¿Quién Jodió a quién?
⚠️ ADVERTENCIA
Esta no es una historia de amor.
No hay príncipes.
No hay finales felices.
Solo una chica con hambre de venganza…
Y un hombre que la hizo arrodillarse con solo una mirada.
Prepárate para leer algo que no deberías desear.
Y aún así, vas a rogar por más.
🖤 PRÓLOGO
¿Quién jodió a quién?
La primera vez que lo vi, supe que no podía destruirlo.
No porque fuera más fuerte.
No porque fuera más listo.
Sino porque ya me estaba rompiendo… con solo existir.
Era imposible no notarlo.
Ethan Blackwell tenía esa presencia que hacía que el aire se detuviera cuando entraba a una habitación.
Vestía de n***o. Siempre de n***o.
Como si llevara el luto de todas las almas que alguna vez intentaron amarlo.
Tenía los ojos del color de una noche sin luna y una sonrisa que cortaba más que un puñal bien afilado.
Y aun así, lo acepté. El trato.
La oferta.
El contrato maldito que vendió lo poco que quedaba de mí.
—Haz que se enamore.
—Hazlo caer.
—Y luego… rómpelo.
Esa fue la orden.
Y yo, como una idiota hambrienta de sobrevivir, dije que sí.
Yo no era una santa.
Ya había jugado ese juego antes.
Era buena fingiendo. Mejor aún mintiendo.
Sabía mirar a los ojos y decir “te amo” sin sentir ni una punzada.
Sabía cómo tocar, cómo suspirar, cómo entregar mi cuerpo sin entregar nada más.
Pero Ethan no era como los otros.
Él no se dejaba poseer.
Te poseía a ti.
La primera vez que me tocó fue accidental. O eso creí.
Su mano rozó mi espalda baja en una sala llena de gente rica y podrida.
Y fue como si algo dentro de mí se quebrara en silencio.
Como si mi piel reconociera un idioma que nunca aprendí.
Yo lo iba a usar.
Lo iba a hacer arrodillarse.
Lo iba a mirar rogar por mí, por mis besos, por una mentira disfrazada de amor.
Pero lo que no sabía…
Es que él también tenía un plan.
Y que en su partida de ajedrez, yo era solo otra pieza.
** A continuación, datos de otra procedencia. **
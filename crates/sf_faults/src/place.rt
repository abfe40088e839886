/// A ring of polygons by its part and its number in that part, both counted from 0: 0 is the shell. A lone
/// polygon is part 0.
#[derive(Clone, Copy, Debug, PartialEq, Eq)]
pub struct Spot {
    pub part: usize,
    pub ring: usize,
}

/// Where a fault is. Parts, rings and edges are counted from 0; an edge goes from the point with its number, of
/// the list as it is written, to the next one.
#[derive(Clone, Copy, Debug, PartialEq, Eq)]
pub enum Place {
    /// A line that has too few points.
    Line {
        part: usize,
    },
    /// A ring that is open or has too few points.
    Ring {
        ring: Spot,
    },
    /// Two edges of a ring that meet.
    Edges {
        ring: Spot,
        first: usize,
        second: usize,
    },
    /// Two rings, and an edge of each, that share a piece.
    Rings {
        first: Spot,
        first_edge: usize,
        second: Spot,
        second_edge: usize,
    },
    /// A hole that has a point outside its shell, and its first edge that has one, if there is such an edge.
    Hole {
        hole: Spot,
        edge: Option<usize>,
    },
    /// Two holes of one polygon, by their numbers as rings, that have an inner point in common.
    Holes {
        part: usize,
        first: usize,
        second: usize,
    },
    /// Two polygons that have an inner point in common.
    Parts {
        first: usize,
        second: usize,
    },
}
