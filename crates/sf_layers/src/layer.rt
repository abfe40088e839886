ghost use Rattle.std.specs.Prelude.{◌≡◌, ◌<◌, ◌≤◌, ◌-◌, ◌^◌, ℕ, false, is_some, length, option_copied, None, Some, IsOkAnd, IsSome, IsSomeAnd, IfErr, IfOk, IfSome, OnErr, OnOk, nat_eq, slice_get};
ghost use Rattle.std.specs.List.{AllByRecursion};
ghost use Rattle.std.specs.List.Sorted.{IsStrictlySortedBy};
ghost use Rattle.std.specs.BTreeMap.{insert_entry};
ghost use Rattle.std.specs.Fn.{FnOnceReturnsAtMut, FnOnceTakesAtMut};
ghost use Rattle.std.specs.Map.{keys_of, lookup, values_of};
ghost use Rattle.std.specs.Map.Iter.{ShowsInOrder, deref_pair};
ghost use Rattle.std.specs.Ordering.{nat_cmp};
ghost use Rattle.sf_geometry.specs.Vertices.{insert_vertex, move_vertex, remove_vertex, vertex_of};
ghost use Rattle.sf_valid_rules.specs.Validity.{IsValid};
ghost use Rattle.sf_validity.specs.Held.{IsHeld};
ghost use Rattle.sf_validity.specs.Refusals.{RefusesChange};
ghost use Rattle.sf_features.specs.Columns.{numbered};
ghost use Rattle.sf_features.specs.Features.{FeatureContent, change_geometry, value_in, with_geometry, with_value, without_value};
ghost use Rattle.sf_layers.specs.Boxes.{boxes_of};
ghost use Rattle.sf_layers.specs.Content.{change_feature, column_named, column_place, column_values, empty_layer, feature_of, head_of, with_column, with_feature, with_last_column, with_next_column, with_next_feature, with_next_id, with_values, without_column, without_feature, without_last_column, without_last_feature, without_values};
ghost use Rattle.sf_layers.specs.Found.{ids_between, ids_with_value as ids_with_value_of};
ghost use Rattle.sf_layers.specs.WellFormed.{column_end, id_end};

use super::column_moves::{ids_with_value, put_all, take_from};
use super::column_values::ColumnValues;
use super::found::{ids_among, ids_among_all};
use super::index::{extent_of, index_of, move_box, put_box, take_box};
use super::layer_kind::LayerKind;
use super::value_indexes::ValueIndexes;
use super::value_test::{IsBetween, IsSame};
use sf_features::{AttrValue, Column, ColumnType, Columns, Feature, Text};
use sf_grid::GridPoint;
use sf_rtree::{RTree, SpatialIndex};
use sf_validity::{Refusal, Valid};
use std::alloc::{AllocError, Global};
use std::collections::{BTreeMap, btree_map};
use std::marker::Model;

/// A layer of features by identifier, with its columns in order and the counters of its identifiers
/// and column numbers.
///
/// It keeps an index of its features' boxes, and one by value of each column for which `index_values` was called. Where memory
/// runs out an index is lost, and no change is refused; `reindex` and `index_values` build it anew. Contracts see a layer as its
/// content, to which the indexes add nothing.
#[derive(Drop)]
#[derive_where(Debug)]
pub struct Layer {
    kind: LayerKind,
    next_id: u32,
    next_column: u16,
    columns: Columns,
    features: BTreeMap<u32, Feature>,
    #[derive_where(skip)]
    index: Option<RTree>,
    #[derive_where(skip)]
    values: ValueIndexes,
}

impl Model for Layer {
    ghost use Rattle.sf_layers.specs.Boxes.{Agrees};
    ghost use Rattle.sf_layers.specs.Content.{LayerContent};
    ghost use Rattle.sf_layers.specs.ValueIndexes.{AreNoted};

    ghost Value = { LayerContent };

    ghost view = { λ a. record {
      kind = a.kind;
      next_id = a.next_id;
      next_column = a.next_column;
      columns = a.columns;
      features = a.features.entries;
    } };

    ghost invariant = { λ a. Agrees a.index a.features.entries × AreNoted a.values a.features.entries };
}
Una que pensaba que estaba avanzando… mientras él ya me tenía perdida.
Ahora escribo esto desde el borde de su cama.
Una cama enorme, perfectamente tendida, donde aprendí a amar y a odiar en la misma noche.
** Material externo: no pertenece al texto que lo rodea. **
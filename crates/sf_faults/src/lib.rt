//! Where a geometry is wrong: the first place that has its first fault.
#![tactic(auto)]

mod comparing;
mod crossings;
mod earlier;
mod edges;
pub mod laws;
mod lines;
mod outside;
mod overlapping;
mod place;
mod places;
mod rings;
mod sharing;
mod spots;
mod written_edge;

pub use place::{Place, Spot};
pub use places::place_of;
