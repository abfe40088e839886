//! Valid geometries made of rings and edges, and what two of them have in common.

ghost use Rattle.std.specs.Prelude.{◌≡◌, ◌↔◌, ◌∷◌, ◌&&◌, ◌||◌, [], IfOk, IfSome, IsTrue};
ghost use Rattle.sf_geometry.specs.declared.geometry.Geometry.TheVariants.{LineString, Polygon};
ghost use Rattle.sf_geometry.specs.PointSets.{in_boundary, in_exterior, in_interior};
ghost use Rattle.sf_relate.specs.Matrices.{matrix_of};
ghost use Rattle.sf_known.specs.Patterns.{is_filled as is_filled_by};
ghost use Rattle.sf_valid_rules.specs.Conditions.{Applies, Condition};

use sf_geometry::{Geometry, Sequence};
use sf_grid::GridPoint;
use sf_prepared::matrix_nearby;
use sf_relate::{Dim, Matrix, relate};
use sf_validity::{Valid, validate};
use std::alloc::{AllocError, Global};

/// The polygon of rings that make a valid one.
///
/// # Errors
///
/// Out of memory; it also stands for a fault, which the rings must not have.
pub(crate) fn polygon_of(alloc: Global, rings: &[Sequence<GridPoint>]) -> Result<Valid, AllocError>
    ensures { IfOk result (λ valid. valid ≡ Polygon rings.now) }
{
    let rings = copy_of(alloc, rings)?;
    valid_from(alloc, Geometry::Polygon(rings))
}

/// The line from a point to another one.
///
/// # Errors
///
/// As of `polygon_of`.
pub(crate) fn line_of(alloc: Global, from: GridPoint, to: GridPoint) -> Result<Valid, AllocError>
    ensures { IfOk result (λ valid. valid ≡ LineString (from ∷ to ∷ [])) }
{
    let mut points = Vec::with_capacity(alloc, 2)?;
    points.push(from)?;
    points.push(to)?;
    valid_from(alloc, Geometry::LineString(Sequence::from_vec(points)))
}

/// A geometry that has no fault, as a valid one.
fn valid_from(alloc: Global, geometry: Geometry) -> Result<Valid, AllocError>
    ensures { IfOk result (λ valid. valid ≡ geometry) }
{
    if geometry.check_size().is_err() {
        return Err(AllocError);
    }
    match validate(alloc, geometry) {
        Ok(valid) => Ok(valid),
        Err(_) => Err(AllocError),
    }
}

/// A copy of rings.
fn copy_of(
    alloc: Global,
    rings: &[Sequence<GridPoint>],
) -> Result<Sequence<Sequence<GridPoint>>, AllocError>
    ensures { IfOk result (λ copy. copy ≡ rings.now) }
{
    let mut copy = Vec::with_capacity(alloc, rings.len())?;
    for points in rings {
        copy.push(Sequence::from_vec(points.as_slice().to_vec(alloc)?))?;
    }
    Ok(Sequence::from_vec(copy))
}

/// Whether a point is inside both geometries. Where their boxes share no point, none is.
pub(crate) fn do_overlap(alloc: Global, a: &Valid, b: &Valid) -> Result<bool, AllocError>
    ensures { IfOk result (λ found. IsTrue found
        ↔ Applies (Condition.AtPoint (λ p. in_interior a.now p && in_interior b.now p))) }
{
    if !a.geometry().envelope().meets(b.geometry().envelope()) {
        return Ok(false);
    }
    let matrix = matrix_between(alloc, a, b)?;
    Ok(is_filled(matrix.0[0]))
}

/// Whether a point of a geometry is outside an area.
pub(crate) fn leaves_area(alloc: Global, area: &Valid, other: &Valid) -> Result<bool, AllocError>
    ensures { IfOk result (λ found. IsTrue found
        ↔ Applies (Condition.AtPoint (λ p. in_exterior area.now p && (in_interior other.now p || in_boundary other.now p)))) }
{
    let matrix = matrix_between(alloc, area, other)?;
    Ok(is_one_filled(matrix.0[6], matrix.0[7]))
}

/// The matrix of an area with another geometry.
fn matrix_between(alloc: Global, area: &Valid, other: &Valid) -> Result<Matrix, AllocError>
    ensures { IfOk result (λ matrix. matrix.0 ≡ matrix_of area.now other.now) }
{
    match decided_nearby(alloc, area, other) {
        Some(matrix) => Ok(matrix),
        None => relate(alloc, area, other),
    }
}

/// The matrix, where the edges of the area near the other geometry show it. Where the boxes of both share no point
/// these are not looked for, since the boxes alone tell it.
fn decided_nearby(alloc: Global, area: &Valid, other: &Valid) -> Option<Matrix>
    ensures { IfSome result (λ matrix. matrix.0 ≡ matrix_of area.now other.now) }
{
    let extent = area.geometry().envelope();
    if extent.meets(other.geometry().envelope()) {
        matrix_nearby(alloc, area, other)
    } else {
        None
    }
}

/// Whether one of two entries of a matrix isn't empty.
fn is_one_filled(first: Dim, second: Dim) -> bool
    ensures { result ≡ (is_filled_by first || is_filled_by second) }
{
    is_filled(first) || is_filled(second)
}

/// Whether an entry of a matrix isn't empty.
fn is_filled(dim: Dim) -> bool
    ensures { result ≡ is_filled_by dim }
{
    match dim {
        Dim::Nothing => false,
        Dim::Zero | Dim::One | Dim::Two => true,
    }
}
Desde este infierno con sábanas de seda y demonios con trajes de diseñador.
Escribo esto desde el fondo de mi garganta, desde las lágrimas que ya no se atreven a salir.
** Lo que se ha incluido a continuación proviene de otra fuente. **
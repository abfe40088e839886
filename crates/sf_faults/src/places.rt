//! The place of a fault.

ghost use Rattle.std.specs.Prelude.{IfOk};
ghost use Rattle.sf_faults.specs.Candidates.{candidates_among};
ghost use Rattle.sf_faults.specs.Places.{IsFirstAmong, IsPlaceOf};

use crate::crossings::first_crossing;
use crate::lines::first_short_line;
use crate::outside::first_hole_outside;
use crate::overlapping::{first_nested, first_overlap};
use crate::place::Place;
use crate::rings::{first_open_ring, first_short_ring};
use crate::sharing::first_sharing;
use crate::spots::spots_of;
use sf_geometry::{Geometry, Sequence};
use sf_grid::GridPoint;
use sf_valid_rules::Fault;
use std::alloc::{AllocError, Global};
use std::slice;

/// Where a geometry has its first fault: the first place in the order in which it is written; of two lines, rings or
/// parts that are at fault with one another the first that is so with an earlier one, and the first of those. None where
/// no place has the fault.
///
/// # Errors
///
/// Out of memory; it also stands for a ring or polygon that has an earlier fault than the one asked for.
pub fn place_of(
    alloc: Global,
    geometry: &Geometry,
    fault: Fault,
) -> Result<Option<Place>, AllocError>
    ensures { IfOk result (IsPlaceOf geometry.now fault) }
{
    match geometry {
        Geometry::Point(_) | Geometry::MultiPoint(_) => place_among(alloc, &[], &[], fault),
        Geometry::LineString(points) => place_among(alloc, slice::from_ref(points), &[], fault),
        Geometry::MultiLineString(lines) => place_among(alloc, lines.as_slice(), &[], fault),
        Geometry::Polygon(rings) => place_among(alloc, &[], slice::from_ref(rings), fault),
        Geometry::MultiPolygon(polygons) => place_among(alloc, &[], polygons.as_slice(), fault),
    }
}

/// The same of lines and polygons.
fn place_among(
    alloc: Global,
    lines: &[Sequence<GridPoint>],
    polygons: &[Sequence<Sequence<GridPoint>>],
    fault: Fault,
) -> Result<Option<Place>, AllocError>
    ensures { IfOk result (IsFirstAmong (candidates_among lines.now polygons.now fault)) }
{
    let rings = spots_of(alloc, polygons)?;
    let rings = rings.as_slice();
    match fault {
        Fault::ShortLine => Ok(first_short_line(lines)),
        Fault::OpenRing => Ok(first_open_ring(polygons, rings)),
        Fault::ShortRing => Ok(first_short_ring(polygons, rings)),
        Fault::RingNotSimple => first_crossing(alloc, polygons, rings),
        Fault::RingsMeet => first_sharing(alloc, polygons, rings),
        Fault::HoleOutside => first_hole_outside(alloc, polygons),
        Fault::HolesNested => first_nested(alloc, polygons),
        Fault::PolygonsOverlap => first_overlap(alloc, polygons),
    }
}
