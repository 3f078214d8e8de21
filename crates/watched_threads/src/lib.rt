//! The threads of a setup of any module on real threads, whoever checked it: each call on the heap is tested first, and the first
//! instruction of a thread that breaks the discipline is told.
#![tactic(auto)]

mod jobs;
mod report;
mod running;
mod thread_ends;

pub use gate::{Gate, OpenGate};
pub use program_runner::SetupFault as WatchFault;
pub use report::{BrokenThread, WatchReport};
pub use running::watch;
pub use serving::Limits;
pub use watched::Refusal;
pub use watched_serving::Breach;
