use items::Items;
use machine::FramePlace;
use mutators::{RunReport, ThreadEnd};
use watched_serving::Breach;

/// A thread that broke the discipline.
#[derive(Clone, Copy)]
pub struct BrokenThread {
    /// Its number.
    pub thread: u32,
    /// Where its instruction is.
    pub at: FramePlace,
    /// Why it may not be executed there.
    pub why: Breach,
}

/// What is told of a watched run.
#[derive(Drop)]
pub enum WatchReport {
    /// No thread broke the discipline: what is told of a run of a checked module.
    Kept(RunReport),
    /// The thread of the lowest number that did.
    Broken(BrokenThread),
}

/// What is told of threads that were served.
#[derive(Drop)]
pub(crate) enum ToldThreads {
    /// How each ended.
    Ends(Items<ThreadEnd>),
    /// The first that broke the discipline.
    Broken(BrokenThread),
}
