ghost use Rattle.std.specs.Prelude.{◌≡◌, [], length, IfOk};
ghost use Rattle.heap_words.specs.Tokens.{Shared};
ghost use Rattle.heap_table.specs.Opening.{IsNew, AreNew};
ghost use Rattle.program_runner.specs.Heaps.{heap_of};
ghost use Rattle.program_runner.specs.Setups.{AreBegun, HasNoFault};
ghost use Rattle.watched_threads.specs.Jobs.{IsJobOf, AreJobs, BeginsAs};

use heap_table::{Heap, Mutator, Plan};
use layout::Program;
use program_runner::{ProgramThread, begun_law};
use serving::ServingEnd;
use std::alloc::{AllocError, Global};
use stepping::NewThread;
use trace_text::Setup;
use watched::Watched;
use watched_serving::{WatchedEnd, WatchedJob};

/// A setup of a program, with what the words of its globals hold at the start and which of its threads are late.
#[derive(Clone, Copy)]
pub(crate) struct Given<'x> {
    pub(crate) program: &'x Program,
    pub(crate) setup: &'x Setup,
    pub(crate) values: &'x [u64],
    pub(crate) late: &'x [bool],
}

/// The threads of a setup with their tokens, each at the beginning of its function.
pub(crate) fn new_jobs<'p, 'b>(
    alloc: Global,
    given: Given<'_>,
    plan: &'p Plan<'p>,
    heap: &Heap<'_>,
    mut threads: Vec<NewThread<ProgramThread<'b>>>,
    mut tokens: Vec<Mutator>,
) -> Result<Vec<WatchedJob<'p, ProgramThread<'b>>>, AllocError>
    requires heap { heap.now.setup ≡ heap_of given.program.now given.setup.now }
    requires plan { plan.now ≡ heap.now.setup }
    requires may { HasNoFault given.program.now given.setup.now }
    requires begun { AreBegun given.program.now given.setup.now threads.items }
    requires count { length tokens.items ≡ length given.setup.now.starts }
    requires tokens { AreNew heap.now 0 tokens.items }
    ensures ok { IfOk result (λ jobs. AreJobs given.entry.program.now given.entry.setup.now heap.now jobs.items) }
    ensures count { IfOk result (λ jobs. length jobs.items ≡ length given.entry.setup.now.starts) }
{
    let mut jobs = Vec::new(alloc);
    for number in 0..threads.len() {
        let thread = threads.remove(0);
        let me = tokens.remove(0);
        let job = new_job(alloc, given, plan, me, number, thread)?;
        jobs.push(job)?;
    }
    Ok(jobs)
}

/// The thread with this number and its token, at the beginning of its function.
fn new_job<'p, 'b>(
    alloc: Global,
    given: Given<'_>,
    plan: &'p Plan<'p>,
    me: Mutator,
    number: usize,
    thread: NewThread<ProgramThread<'b>>,
) -> Result<WatchedJob<'p, ProgramThread<'b>>, AllocError>
    requires fresh { me.log ≡ [] }
    requires plan { plan.now ≡ me.setup }
    requires may { HasNoFault given.program.now given.setup.now }
    requires begun { BeginsAs given.program.now given.setup.now number thread }
    ensures { IfOk result (λ job. (heap : Shared) → heap.setup ≡ heap_of given.entry.program.now given.entry.setup.now → IsNew heap number me → IsJobOf given.entry.program.now given.entry.setup.now heap number job) }
{
    begun_law();
    let NewThread { machine, is_late } = thread;
    let me = Watched::new(alloc, me, plan)?;
    Ok(WatchedJob {
        me,
        machine,
        is_late,
        outcome: WatchedEnd::Kept(ServingEnd::Absent),
    })
}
Desde el eco de su voz diciéndome:
> —¿Creías que eras la única que sabía jugar?
Porque sí… yo fui contratada para romperlo.
Pero al final, fui yo la que terminó hecha pedazos.
Yo la que se enamoró.
Yo la que traicionó a quien menos lo merecía.
Yo la que creyó que el amor podía ganarle a la venganza.
Y si hoy me preguntas, con la voz rota y el corazón aún sangrando:
> ¿Quién jodió a quién?
Te diría que ambos.
Y que aún así…
volvería a hacerlo.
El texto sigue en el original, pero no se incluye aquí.